Воспоминания жителей острова Кижи о Великой Отечественной войне и первых послевоенных годах
Историю делают люди, а пишут историки. Причем, пишут при каждой власти по-разному, желая подстроить ее под сегодняшних вождей. Рядовой же человек, рабочий, крестьянин, интеллигент, не занимающий крупных постов, живя в гуще жизни, вспоминая прожитое, не имеет обыкновения что-то скрывать и приукрашивать. Этим и ценны «народные мемуары», собираемые и записываемые чаще всего учеными: этнографами и фольклористами.
Публикуются они крайне редко и чаще всего в специальных изданиях (журнал «Живая старина», сборник научных статей «Кижский вестник» и др.) «Лицей» начал публиковать крестьянские мемуары благодаря энтузиазму кандидата филологических наук, заведующей отделом фольклора музея «Кижи» Регины Калашниковой (1952 – 2005). Газета продолжает традицию и печатает в этом номере воспоминания жителей острова Кижи, связанные с событиями Великой Отечественной войны и первыми послевоенными годами. Напомним, что с ноября 1941 по июнь 1944 года все Заонежье было оккупировано финнами, союзниками фашистской Германии. Почти все жители деревень Кижского сельсовета, наиболее близко прилегающих к линии фронта были увезены в концлагеря Петрозаводска. Кроме того переселению в лагерь или вглубь оккупированной территории подлежали жители тех деревень, где появлялись партизаны, что и произошло в конце 1942 года с жителями деревни Сибово.

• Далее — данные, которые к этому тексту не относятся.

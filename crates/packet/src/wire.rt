// The wire format of one packet: four bytes of head, the fixed fields of its kind, and the payload.
// Numbers of several bytes are little-endian.
ghost use Rattle.std.specs.Prelude.{◌≡◌};
ghost use Rattle.std.specs.Option.{ok_or};
ghost use Rattle.packet.specs.Wire.{kind_of, fixed, head_of, lawful, fields_of, sized};

use super::grammar::PacketFault;

// The packet kinds, by the letter behind the mark.
#[derive(Clone, Copy)]
pub enum Kind {
    StreamChange,
    Data,
    EndOfStream,
    Header,
    Metadata,
    PacketPair,
}

// The first four bytes, once they are found lawful.
#[derive(Clone, Copy)]
pub struct Head {
    pub kind: Kind,
    // PacketLength: how many bytes follow the head
    pub length: u16,
}

// The header fields. A kind that lacks one has 0 there, which is a rule and no mark of absence.
#[derive(Clone, Copy, Default)]
pub struct Fields {
    pub location_id: u32,
    pub incarnation: u8,
    pub af_flags: u8,
    pub packet_size: u16,
    pub reason: u32,
}

// A packet without its payload bytes. It has no `Head` within: each of its readers would go through `head`.
#[derive(Clone, Copy)]
pub struct Packet {
    pub kind: Kind,
    pub length: u16,
    pub fields: Fields,
}

// The byte that every packet begins with.
const MARK: u8 = b'$';

impl TryFrom<u8> for Kind {
    ghost use Rattle.packet.specs.declared.grammar.PacketFault.TheVariants as fault;

    type Error = PacketFault;

    ghost try_from_gives = { λ letter r. r ≡ ok_or (kind_of letter) fault.Kind };

    fn try_from(letter: u8) -> Result<Kind, PacketFault> {
        match letter as char {
            'C' => Ok(Kind::StreamChange),
            'D' => Ok(Kind::Data),
            'E' => Ok(Kind::EndOfStream),
            'H' => Ok(Kind::Header),
            'M' => Ok(Kind::Metadata),
            'P' => Ok(Kind::PacketPair),
            _ => Err(PacketFault::Kind),
        }
    }
}

// How many bytes of fixed fields a kind has: its Reason, or LocationId through PacketSize.
pub fn fixed_length(kind: Kind) -> u16
    ensures { result ≡ fixed kind }
{
    match kind {
        Kind::StreamChange | Kind::EndOfStream => 4,
        Kind::Data | Kind::Header | Kind::Metadata => 8,
        Kind::PacketPair => 0,
    }
}

// Whether a kind may have this PacketLength.
fn lawful_length(kind: Kind, length: u16) -> bool
    ensures { result ≡ lawful kind length }
{
    let least = fixed_length(kind);
    match kind {
        Kind::StreamChange | Kind::EndOfStream => length == least,
        Kind::Data | Kind::Header | Kind::Metadata | Kind::PacketPair => length >= least,
    }
}

// Takes the four bytes apart; refuses the mark, then the kind, then PacketLength.
pub fn read_head(head: [u8; 4]) -> Result<Head, PacketFault>
    ensures { result ≡ head_of head }
{
    let [mark, letter, low, high] = head;
    if mark != MARK {
        return Err(PacketFault::Mark);
    }
    let kind = Kind::try_from(letter)?;
    let length = u16::from_le_bytes([low, high]);
    if !lawful_length(kind, length) {
        return Err(PacketFault::PacketLength);
    }
    Ok(Head { kind, length })
}

// The fields of a kind, from its fixed bytes at the front of `bytes`.
pub fn fields_of(kind: Kind, bytes: [u8; 8]) -> Fields
    ensures { result ≡ fields_of kind bytes }
{
    let [a, b, c, d, incarnation, af_flags, low, high] = bytes;
    let number = u32::from_le_bytes([a, b, c, d]);
    match kind {
        Kind::StreamChange | Kind::EndOfStream => Fields {
            reason: number,
            ..Fields::default()
        },
        Kind::Data | Kind::Header | Kind::Metadata => Fields {
            location_id: number,
            incarnation,
            af_flags,
            packet_size: u16::from_le_bytes([low, high]),
            reason: 0,
        },
        Kind::PacketPair => Fields::default(),
    }
}

// Whether PacketSize equals PacketLength, where the kind has it.
pub fn size_agrees(packet: Packet) -> bool
    ensures { result ≡ sized packet }
{
    match packet.kind {
        Kind::Data | Kind::Header | Kind::Metadata => packet.fields.packet_size == packet.length,
        Kind::StreamChange | Kind::EndOfStream | Kind::PacketPair => true,
    }
}
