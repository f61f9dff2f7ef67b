// The answer: the outcome as one byte (0 filtered, 1 refused, 2 a bad file, 3 not written), which stands before any name, and then a line.
use crate::one_frame::Told;
use rules::counts::Counts;
use streams::say::{frames_of, number, words};
use system::files::{Ends, Target};
use y4m::header::Header;

pub fn usage(answer: &Target) {
    words(answer, b"usage: filter PICTURE SETTINGS OUT [plain]\n");
}

// How many frames are done, on a terminal.
pub fn count(ends: Ends, k: usize, shown: bool) {
    let errors = Target::Errors(ends.errors);
    streams::say::count(&errors, b"filtered", k, shown);
}

// What deblocking stored, and how much of it is not as it was.
fn counted(answer: &Target, counts: Counts) {
    words(answer, b"; deblocking stored ");
    number(answer, counts.stored);
    words(answer, b" samples and changed ");
    number(answer, counts.changed);
}

// The frames that were filtered, and how many samples are not as they were.
pub fn filtered(answer: &Target, name: &[u8], h: Header, frames: usize, told: Told) {
    words(answer, b"0filtered ");
    words(answer, name);
    words(answer, b": ");
    number(answer, h.width);
    words(answer, b"x");
    number(answer, h.height);
    frames_of(answer, frames);
    words(answer, b", ");
    number(answer, told.changed);
    words(answer, b" samples changed");
    counted(answer, told.counts);
    words(answer, b"\n");
}
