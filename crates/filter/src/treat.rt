// Both filters over the planes, and the answer that says why one refused.
ghost use Rattle.streams.specs.Shaped.{Shaped};

use crate::asked::Asked;
use by_settings::gated::{Applied, offset_planes};
use by_settings::places::at;
use frame_by_settings::lists::deblock_asked;
use pictures::planes::copy;
use refused::frames::{deblocked, frame_by, say_setting, starts_good};
use refused::say;
use rules::counts::Counts;
use rules::refusals::{Refusal, number, place};
use rules::settings::Frame;
use settings::kinds::Kind;
use streams::job::Job;
use streams::planes::Planes;
use streams::save::pack;
use streams::say::Answered;
use system::files::Target;

// The kind of a plane's CCSO line.
fn ccso_kind(plane: usize) -> Kind {
    match plane {
        0 => Kind::CcsoY,
        1 => Kind::CcsoU,
        _ => Kind::CcsoV,
    }
}

// The answer on a plane that was not offset, whose rows have so many samples.
fn say_plane(answer: &Target, r: Refusal, plane: usize, width: usize, f: Frame, text: &[u8]) {
    if number(r) == 5 {
        say_setting(answer, ccso_kind(plane), f, text);
    } else {
        say::refused(answer, r, at(plane, place(r), width), None);
    }
}

// Whether every plane was offset; else an error after the answer that says why not.
fn offset(j: Job<'_>, d: Applied, f: Frame, text: &[u8]) -> Result<(), Answered> {
    let Err(r) = d.answer else {
        return Ok(());
    };
    let plane = d.plane;
    let c = j.c;
    let samples = if plane == 0 { f.width } else { c.width };
    say_plane(j.told, r, plane, samples, f, text);
    Err(Answered)
}

// Deblocks the planes, packs them and applies the offsets by a copy of luma, and counts what deblocking stored and changed; an error after the answer that says why not.
pub fn treat(
    frame: &mut Planes<'_>,
    luma: &mut [u16],
    j: Job<'_>,
    s: Asked<'_>,
) -> Result<Counts, Answered>
    requires { Shaped j }
{
    let f = frame_by(j, s.numbers);
    let o = deblock_asked(
        frame.y,
        frame.u,
        frame.v,
        s.shorts,
        s.steps,
        s.keep,
        s.chromakeep,
        s.places,
        f,
        s.plain,
    );
    let counts = deblocked(j.told, o, f, starts_good(s.shorts, s.places, f), s.text)?;
    pack(frame, j);
    copy(&*frame.y, luma);
    let d = offset_planes(
        frame.y, frame.u, frame.v, luma, s.numbers, s.flags, s.offsets, s.places, f,
    );
    offset(j, d, f, s.text)?;
    Ok(counts)
}
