// What the settings ask for.
ghost use Rattle.std.specs.Prelude.{length};
ghost use Rattle.filter.specs.Lent.{Lent};

// The settings' text, the lists of its numbers, each long enough, the marks of the cells that are kept, and whether the plain engine is asked for.
#[derive(Clone, Copy)]
pub struct Asked<'a> {
    pub text: &'a [u8],
    pub numbers: &'a [i32],
    pub shorts: &'a [u16],
    pub steps: &'a [u32],
    pub flags: &'a [u8],
    pub offsets: &'a [i8],
    pub places: &'a [usize],
    pub keep: &'a [u8],
    pub chromakeep: &'a [u8],
    pub plain: bool,
    ghost long: { Lent (length numbers.now) (length shorts.now) (length steps.now) (length flags.now) (length offsets.now) (length places.now) },
}
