// From the names of the files to the written frames and the answer.
ghost use Rattle.std.specs.Prelude.{◌≤◌, length};
ghost use Rattle.streams.specs.Shaped.{Shaped};

use crate::asked::Asked;
use crate::one_frame::{Told, both, next, nothing};
use crate::say;
use by_settings::kept::{large_marks, small_marks};
use pictures::shapes::{chroma_of, luma_of};
use pictures::{defaults, files, planes};
use refused::inside::inside;
use settings::file::Settings;
use settings::names::first_places;
use std::fs::File;
use std::rt::{Env, Files};
use streams::changes;
use streams::job::{Job, Picture};
use streams::kept::mark;
use streams::open::{open, small};
use streams::planes::Planes;
use streams::say::{Answered, cannot, unwritten};
use streams::take::{read_on, take};
use system::bytes::{buffer, large_buffer};
use system::files::{Ends, Source, Target, is_watched, keep, read_full, word};

// The names of the settings' file and of OUT.
#[derive(Clone, Copy)]
pub struct Names<'a> {
    pub settings: &'a [u8],
    pub out: &'a [u8],
}

// The answer after the last frame, by whether all of OUT is kept.
fn closed(j: Job<'_>, frames: usize, told: Told) -> Result<(), Answered> {
    keep(j.to).map_err(|_| unwritten(j.told))?;
    say::filtered(j.told, j.name, j.h, frames, told);
    Ok(())
}

// Every frame of the file, and then the answer. On a terminal the frames are counted.
fn frames(
    ends: Ends,
    frame: &mut Planes<'_>,
    was: &mut [u16],
    luma: &mut [u16],
    j: Job<'_>,
    s: Asked<'_>,
) -> Result<(), Answered>
    requires { Shaped j }
{
    let shown = is_watched(ends);
    let mut told = nothing();
    for k in 0..usize::MAX {
        say::count(ends, k, shown);
        let Some(more) = next(frame, was, luma, j, k, s)? else {
            return closed(j, k, told);
        };
        told = both(told, more);
    }
    Ok(())
}

// Whether the plain engine is asked for, by the program's fourth word.
fn plain_asked<R: Env>(rt: &R) -> bool {
    word(rt, 4, &mut buffer()).is_some()
}

// What a settings text says, what the picture's size decides of it, and then the frames.
fn told<R: Files<File = File> + Env>(
    rt: &R,
    ends: Ends,
    p: Picture<'_>,
    names: Names<'_>,
    text: &[u8],
    frame: &mut Planes<'_>,
    was: &mut [u16],
    luma: &mut [u16],
    shorts: &mut [u16],
    keep: &mut [u8],
    chromakeep: &mut [u8],
) -> Result<(), Answered>
    requires { 24576 ≤ length shorts.old }
{
    let mut numbers = defaults::numbers();
    let mut steps = ac_steps::steps();
    let mut flags = [1u8; 12288];
    let mut offsets = [0i8; 384];
    let mut places = first_places(shorts.len());
    let mut lists = Settings {
        numbers: &mut numbers,
        shorts,
        steps: &mut steps,
        flags: &mut flags,
        offsets: &mut offsets,
        places: &mut places,
    };
    take(p.told, names.settings, text, &mut lists)?;
    let l = luma_of(p.h);
    defaults::complete(shorts, &mut places, l.width, l.height);
    if !inside(p.told, names.settings, text, shorts, &places, l) {
        return Err(Answered);
    }
    mark(keep, chromakeep, shorts, &places, p.h, l, chroma_of(p.h));
    let to = files::open_out(rt, ends, names.out);
    let s = Asked {
        text,
        numbers: &numbers,
        shorts,
        steps: &steps,
        flags: &flags,
        offsets: &offsets,
        places: &places,
        keep,
        chromakeep,
        plain: plain_asked(rt),
    };
    frames(ends, frame, was, luma, p.job(&to), s)
}

// A small picture, by a text that was read whole.
fn light<R: Files<File = File> + Env>(
    rt: &R,
    ends: Ends,
    p: Picture<'_>,
    names: Names<'_>,
    text: &[u8],
) -> Result<(), Answered> {
    let mut shorts = defaults::few_shorts();
    let mut y = planes::small_room();
    let mut u = planes::small_room();
    let mut v = planes::small_room();
    let mut was = changes::small_room();
    let mut luma = planes::small_room();
    let mut keep = small_marks();
    let mut chromakeep = small_marks();
    let mut frame = Planes {
        y: &mut y,
        u: &mut u,
        v: &mut v,
    };
    told(
        rt,
        ends,
        p,
        names,
        text,
        &mut frame,
        &mut was,
        &mut luma,
        &mut shorts,
        &mut keep,
        &mut chromakeep,
    )
}

// Any picture, by a text of which the front was read.
fn heavy<R: Files<File = File> + Env>(
    rt: &R,
    ends: Ends,
    p: Picture<'_>,
    names: Names<'_>,
    file: &Source,
    front: &[u8],
) -> Result<(), Answered>
    requires { length front.now ≤ 65536 }
{
    let mut text = files::text_room();
    let n = read_on(file, front, &mut text);
    if n == 33554432 {
        return Err(cannot(
            p.told,
            names.settings,
            b"expected settings of fewer than 33554432 bytes",
        ));
    }
    let mut shorts = defaults::shorts();
    let mut y = planes::large_room();
    let mut u = planes::large_room();
    let mut v = planes::large_room();
    let mut was = changes::large_room();
    let mut luma = planes::large_room();
    let mut keep = large_marks();
    let mut chromakeep = large_marks();
    let mut frame = Planes {
        y: &mut y,
        u: &mut u,
        v: &mut v,
    };
    told(
        rt,
        ends,
        p,
        names,
        &text[..n],
        &mut frame,
        &mut was,
        &mut luma,
        &mut shorts,
        &mut keep,
        &mut chromakeep,
    )
}

// The settings' file, and then what its text says. `heavy` is called twice so that the compiler leaves it a function of its own, whose lists a small picture never touches.
fn asked<R: Files<File = File> + Env>(
    rt: &R,
    ends: Ends,
    p: Picture<'_>,
    names: Names<'_>,
) -> Result<(), Answered> {
    let Some(file) = files::open_in(rt, ends, names.settings) else {
        return Err(cannot(p.told, names.settings, b"the settings can't be read"));
    };
    let mut front = large_buffer();
    let n = read_full(&file, &mut front);
    if n == 65536 {
        heavy(rt, ends, p, names, &file, &front)
    } else if small(p.h) {
        light(rt, ends, p, names, &front[..n])
    } else {
        heavy(rt, ends, p, names, &file, &front[..n])
    }
}

// The picture's header, and then the rest; an error after the answer that says why not.
pub fn run<R: Files<File = File> + Env>(
    rt: &R,
    ends: Ends,
    told: &Target,
    name: &[u8],
    names: Names<'_>,
) -> Result<(), Answered> {
    let mut head = [0u8; 1024];
    let opened = open(rt, ends, told, name, &mut head)?;
    let n = opened.n;
    let p = Picture {
        name,
        from: &opened.from,
        told,
        head: &head[..n],
        h: opened.h,
    };
    asked(rt, ends, p, names)
}
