// One frame: its line, its planes read, filtered and written, over lent planes.
ghost use Rattle.streams.specs.Shaped.{Shaped};

use crate::asked::Asked;
use crate::treat::treat;
use rules::counts::Counts;
use streams::changes::{changed, keep};
use streams::counts;
use streams::job::Job;
use streams::planes::Planes;
use streams::read::{next_mark, read_frame};
use streams::save::save;
use streams::say::Answered;

// How many samples are not as they were, and how many deblocking stored and changed.
#[derive(Clone, Copy)]
pub struct Told {
    pub changed: usize,
    pub counts: Counts,
}

// Of no frame.
pub fn nothing() -> Told {
    Told {
        changed: 0,
        counts: counts::none(),
    }
}

// Of two; it wraps at 2^64, which a thousand years of frames do not reach.
pub fn both(a: Told, b: Told) -> Told {
    Told {
        changed: a.changed.wrapping_add(b.changed),
        counts: counts::both(a.counts, b.counts),
    }
}

// Frame k, whose line was read, with a list that keeps the planes as they were, and one for luma before the offsets; an error after the answer that says why not.
fn work(
    frame: &mut Planes<'_>,
    was: &mut [u16],
    luma: &mut [u16],
    mark: &[u8],
    j: Job<'_>,
    k: usize,
    s: Asked<'_>,
) -> Result<Told, Answered>
    requires { Shaped j }
{
    read_frame(j, k, frame)?;
    keep(frame, was, j);
    let counts = treat(frame, luma, j, s)?;
    save(frame, mark, j, k)?;
    let changed = changed(frame, was, j);
    Ok(Told { changed, counts })
}

// Frame k of the file, where there is one; the first must be there. An error after the answer that says why not.
pub fn next(
    frame: &mut Planes<'_>,
    was: &mut [u16],
    luma: &mut [u16],
    j: Job<'_>,
    k: usize,
    s: Asked<'_>,
) -> Result<Option<Told>, Answered>
    requires { Shaped j }
{
    let mut mark = [0u8; 1024];
    let Some(n) = next_mark(j, k, &mut mark)? else {
        return Ok(None);
    };
    Ok(Some(work(frame, was, luma, &mark[..n], j, k, s)?))
}
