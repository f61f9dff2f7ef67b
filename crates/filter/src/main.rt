// Filters a picture or a stream: `filter PICTURE SETTINGS OUT [plain]` reads a YUV4MPEG2 file and a settings file, deblocks each frame, applies the CCSO offsets
// that the settings ask for, writes the frames to OUT, and answers on standard output, on descriptor 3 where OUT is '-'. A fourth word asks for the plain engine, which gives the same.
// `bin/filter` keeps OUT as it was where a frame is not filtered.
#![tactic(auto)]

// The answer.
mod say;

// What the settings ask for.
mod asked;

// The filters over the planes.
mod treat;

// One frame.
mod one_frame;

// The order of it all.
mod run;

use run::Names;
use system::bytes::buffer;
use system::files::{Ends, answers, word};

fn main(rt: HostRuntime) {
    let ends = Ends {
        input: rt.stdin(),
        output: rt.stdout(),
        errors: rt.stderr(),
    };
    let mut picture = buffer();
    let mut settings = buffer();
    let mut out = buffer();
    let out = word(&rt, 3, &mut out);
    let answer = answers(&rt, ends, out.unwrap_or(b""));
    let (Some(picture), Some(settings), Some(out)) = (
        word(&rt, 1, &mut picture),
        word(&rt, 2, &mut settings),
        out,
    ) else {
        say::usage(&answer);
        return;
    };
    let _ = run::run(&rt, ends, &answer, picture, Names { settings, out });
}
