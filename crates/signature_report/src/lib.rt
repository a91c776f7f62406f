// The reports on a signature part of a container, ISG1, OSG1 or PSG1, above the opening and the reader of such data through their promises: what
// opening gives, 26, then 43 to 45 and 52; the elements and their names; and the first element whose name differs from PSV0's.
#![tactic(auto)]

ghost use Rattle.std.specs.Prelude.{◌≡◌, [], ℕ, ◌+◌, ◌*◌, ◌/◌, ◌≤◌, ◌<◌, length};
ghost use Rattle.wire.specs.Verdict.{Accepted};
ghost use Rattle.container_layout.specs.Container.{container_part};
ghost use Rattle.signature_layout.specs.Signature.{start_of, signature_judged, view_of};
ghost use Rattle.signature_report_layout.specs.Listed.{count_in, listed, list_of};
ghost use Rattle.signature_report_layout.specs.Placed.{needed_by, names_by, difference_by};
ghost use Rattle.signature_report_layout.specs.Reported.{part_name, signature_report_of, moved, element_report_of, list_size, list_before, differs_at, first_difference, difference_if, difference_of};

use part_table_layout::Part;
use places_layout::SectionPlaces;
use psv0_layout::{RuntimeInfo, Section, Span};
use signature_layout::{NameSpan, SignatureAnswer};
use signature_report_layout::{SignaturePart, SignatureReport};
use wire::Refusal;

// The part by its name.
// Stays: a match, since the three parts are data that a caller names; bytes, edition and part go one by one, as in the public calls below (a).
fn part_of(b: &[u8], edition: usize, part: SignaturePart) -> Result<Part, Refusal>
    ensures { result ≡ container_part edition b.now (part_name part) }
{
    match part {
        SignaturePart::Input => container::part(b, edition, b"ISG1"),
        SignaturePart::Output => container::part(b, edition, b"OSG1"),
        SignaturePart::Patch => container::part(b, edition, b"PSG1"),
    }
}

// The report at an edition: the element count, and the part's data as a stretch of the container.
pub fn report(b: &[u8], edition: usize, part: SignaturePart) -> Result<SignatureReport, Refusal>
    ensures { result ≡ signature_report_of part edition b.now }
{
    let p = part_of(b, edition, part)?;
    let start = p.offset + 8;
    let count = signature::read(&b[start..start + p.size])?;
    Ok(SignatureReport {
        count,
        start,
        len: p.size,
    })
}

// An element of the part's data, which start at a place, as one of the container.
fn moved_by(a: SignatureAnswer, by: usize) -> SignatureAnswer
    requires { (x : NameSpan) → a.name ≡ Some x → by + x.start ≤ 16777216 }
    ensures { result ≡ moved by a }
{
    let Some(x) = a.name else {
        return a;
    };
    SignatureAnswer {
        element: a.element,
        name: Some(NameSpan {
            start: by + x.start,
            len: x.len,
            points: x.points,
        }),
    }
}

// Element i of the part; its name is a stretch of the container.
pub fn element(
    b: &[u8],
    edition: usize,
    part: SignaturePart,
    i: usize,
) -> Result<SignatureAnswer, Refusal>
    ensures { result ≡ element_report_of part edition b.now i }
{
    let p = part_of(b, edition, part)?;
    let start = p.offset + 8;
    let a = signature::element(&b[start..start + p.size], i)?;
    Ok(moved_by(a, start))
}

// The name of element i as a view of the container, with its code points: 26 where it has none.
pub fn name(b: &[u8], edition: usize, part: SignaturePart, i: usize) -> Result<Span, Refusal>
    ensures { result ≡ view_of (element_report_of part edition b.now i) }
{
    signature::view_of(element(b, edition, part, i))
}

// ---- the second report

fn count_in(f: Option<u32>) -> usize
    ensures { (result ≡ count_in f) × (result < 4294967296) }
{
    f.unwrap_or(0) as usize
}

fn list_size(part: SignaturePart, input: usize, output: usize, patch: usize) -> usize
    ensures { result ≡ list_size part input output patch }
{
    match part {
        SignaturePart::Input => input,
        SignaturePart::Output => output,
        SignaturePart::Patch => patch,
    }
}

fn list_before(part: SignaturePart, input: usize, output: usize) -> usize
    requires { input + output ≤ 8589934592 }
    ensures { result ≡ list_before part input output }
{
    match part {
        SignaturePart::Input => 0,
        SignaturePart::Output => input,
        SignaturePart::Patch => input + output,
    }
}

// How far apart n records are that fill a stretch.
fn apart(len: usize, n: usize) -> usize
    ensures { result ≡ len / n }
{
    len.checked_div(n).unwrap_or(0)
}

// Whether element i is named and differs from the PSV0 element of the list, whose records in e are w bytes apart.
fn differs(d: &[u8], i: usize, t: &[u8], e: &[u8], before: usize, size: usize, w: usize) -> bool
    requires { (start_of d.now i + 32 ≤ length d.now) × ((before + size) * w ≤ length e.now) × (before + size ≤ 12884901888) }
    ensures { result ≡ differs_at d.now (listed t.now e.now before size w) i }
{
    let at = wire::u32_at(d, 4) as usize + 32 * i;
    let o = wire::u32_at(&d[at..at + 32], 4) as usize;
    if o == 0 {
        return false;
    }
    if size <= i {
        return true;
    }
    !strings::same(d, o, t, wire::u32_at(e, (before + i) * w) as usize)
}

// The first element of the accepted data d that differs.
fn search(d: &[u8], t: &[u8], e: &[u8], before: usize, size: usize, w: usize) -> Option<usize>
    requires { (signature_judged d.now ≡ Accepted) × ((before + size) * w ≤ length e.now) × (before + size ≤ 12884901888) }
    ensures { result ≡ first_difference d.now (listed t.now e.now before size w) }
{
    for i in 0..wire::u32_at(d, 0) as usize {
        if differs(d, i, t, e, before, size, w) {
            return Some(i);
        }
    }
    None
}

// The first element of the accepted data d that differs from its list in PSV0, by the counts of the runtime record, the string table t and the records e.
fn compare(d: &[u8], t: &[u8], e: &[u8], info: RuntimeInfo, part: SignaturePart) -> Option<usize>
    requires { signature_judged d.now ≡ Accepted }
    ensures { result ≡ first_difference d.now (list_of part (count_in info.input_elements) (count_in info.output_elements) (count_in info.patch_elements) t.now e.now) }
{
    let input = count_in(info.input_elements);
    let output = count_in(info.output_elements);
    let patch = count_in(info.patch_elements);
    let before = list_before(part, input, output);
    let size = list_size(part, input, output, patch);
    let w = apart(e.len(), input + output + patch);
    search(d, t, e, before, size, w)
}

// The second report on accepted data d by places: 29, or the first element that differs. The string table and the records are taken once.
fn difference_in(
    d: &[u8],
    b: &[u8],
    p: SectionPlaces,
    part: SignaturePart,
) -> Result<Option<usize>, Refusal>
    requires { signature_judged d.now ≡ Accepted }
    ensures { result ≡ difference_if (needed_by p b.now) d.now (names_by p b.now part) }
{
    let info = places::runtime_info(b, p)?;
    let t = places::section_span(b, p, Section::StringTable)?;
    let e = places::section_span(b, p, Section::ElementRecords)?;
    Ok(compare(
        d,
        &b[t.start..t.start + t.len],
        &b[e.start..e.start + e.len],
        info,
        part,
    ))
}

// The second report on the data d of a part, by the places of an opening of the container b, any places and any bytes: 43 to 45 and 52 of the data,
// then 29, and the number of the first named element whose name differs from that of the PSV0 element of the same list and number, or is missing there.
pub fn difference_by(
    d: &[u8],
    b: &[u8],
    p: SectionPlaces,
    part: SignaturePart,
) -> Result<Option<usize>, Refusal>
    ensures { result ≡ difference_by p b.now part d.now }
{
    signature::read(d)?;
    difference_in(d, b, p, part)
}

// The same at an edition.
pub fn first_difference(
    b: &[u8],
    edition: usize,
    part: SignaturePart,
) -> Result<Option<usize>, Refusal>
    ensures { result ≡ difference_of part edition b.now }
{
    let q = part_of(b, edition, part)?;
    let o = container::open_places(b, edition)?;
    let start = q.offset + 8;
    difference_by(&b[start..start + q.size], b, o.places, part)
}
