// The replay of a trace, for C.
ghost use Rattle.std.specs.Prelude.{◌≡◌};
ghost use Rattle.lent.specs.Lent.{problem_of};
ghost use Rattle.traces.specs.Trace.{replay_trace_answer};
ghost use Rattle.trace_answers.specs.Answered.{replayed};

use lent::Problem;
use trace_answers::TraceAnswer;

// Masks and counts of the rows of a trace.
#[unsafe(no_mangle)]
pub extern "C" fn replay_trace<'a>(
    nodes: &'a [u8],
    bits: &'a [u8],
    side: &'a [u64],
    roots: &'a [u64],
    names: &'a [u8],
    name_start: &'a [u64],
    name_len: &'a [u64],
    var_node: &'a [u64],
    var_width: &'a [u64],
    anames: &'a [u8],
    aname_start: &'a [u64],
    aname_len: &'a [u64],
    index_width: &'a [u64],
    value_width: &'a [u64],
    fnames: &'a [u8],
    fname_start: &'a [u64],
    fname_len: &'a [u64],
    func_width: &'a [u64],
    values: &[u64],
    masks: &mut [u64],
    counts: &mut [u64],
) -> TraceAnswer
    ensures { replayed result masks.new counts.new ≡ replay_trace_answer (problem_of nodes.now bits.now side.now roots.now names.now name_start.now name_len.now var_node.now var_width.now anames.now aname_start.now aname_len.now index_width.now value_width.now fnames.now fname_start.now fname_len.now func_width.now) values.now masks.old counts.old }
{
    let problem = Problem {
        nodes,
        bits,
        side,
        roots,
        names,
        name_start,
        name_len,
        var_node,
        var_width,
        anames,
        aname_start,
        aname_len,
        index_width,
        value_width,
        fnames,
        fname_start,
        fname_len,
        func_width,
    };
    TraceAnswer::from(replay_trace::replay_trace(&problem, values, masks, counts))
}
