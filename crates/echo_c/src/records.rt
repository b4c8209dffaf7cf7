// Shorter node records and back, for C: `shorten` and `lengthen` with what they convert in their names.
ghost use Rattle.std.specs.Prelude.{◌≡◌};
ghost use Rattle.short_records.specs.Short.{shorten_answer, lengthen_answer};
ghost use Rattle.short_records.specs.Numbers.{converted};

use short_records::numbers::RecordAnswer;

// Records of 17 bytes into shorter ones.
#[unsafe(no_mangle)]
pub extern "C" fn shorten_records(old: &[u8], out: &mut [u8]) -> RecordAnswer
    ensures { converted result out.new ≡ shorten_answer old.now out.old }
{
    RecordAnswer::from(short_records::shorten(old, out))
}

// And back.
#[unsafe(no_mangle)]
pub extern "C" fn lengthen_records(new: &[u8], out: &mut [u8]) -> RecordAnswer
    ensures { converted result out.new ≡ lengthen_answer new.now out.old }
{
    RecordAnswer::from(short_records::lengthen(new, out))
}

Записано старшим научным сотрудником музея «Кижи» Борисом ГУЩИНЫМ. Публикуется без литературной обработки.
Анастасия Ивановна АНИКИНА (Яковлева), 1931 года рождения, уроженка деревни Сибово (Заонежье) Медвежьегорского района Карелии. Жительница деревни Ямка на острове Кижи:
«До войны я начинала ходить в первый класс в 1939 году в Усть-Яндоме. Папа в этом же году ушел на Финскую и не вернулся. А мама у меня умерла еще в 1937 году. Я жила с бабушкой Екатериной Петровной Ланевой (1881–1964), родом из Конды Бережной и братом, 1932 года рождения. Жила я в интернате. Домой ходили только на выходные, пешком шесть километров до Сибова.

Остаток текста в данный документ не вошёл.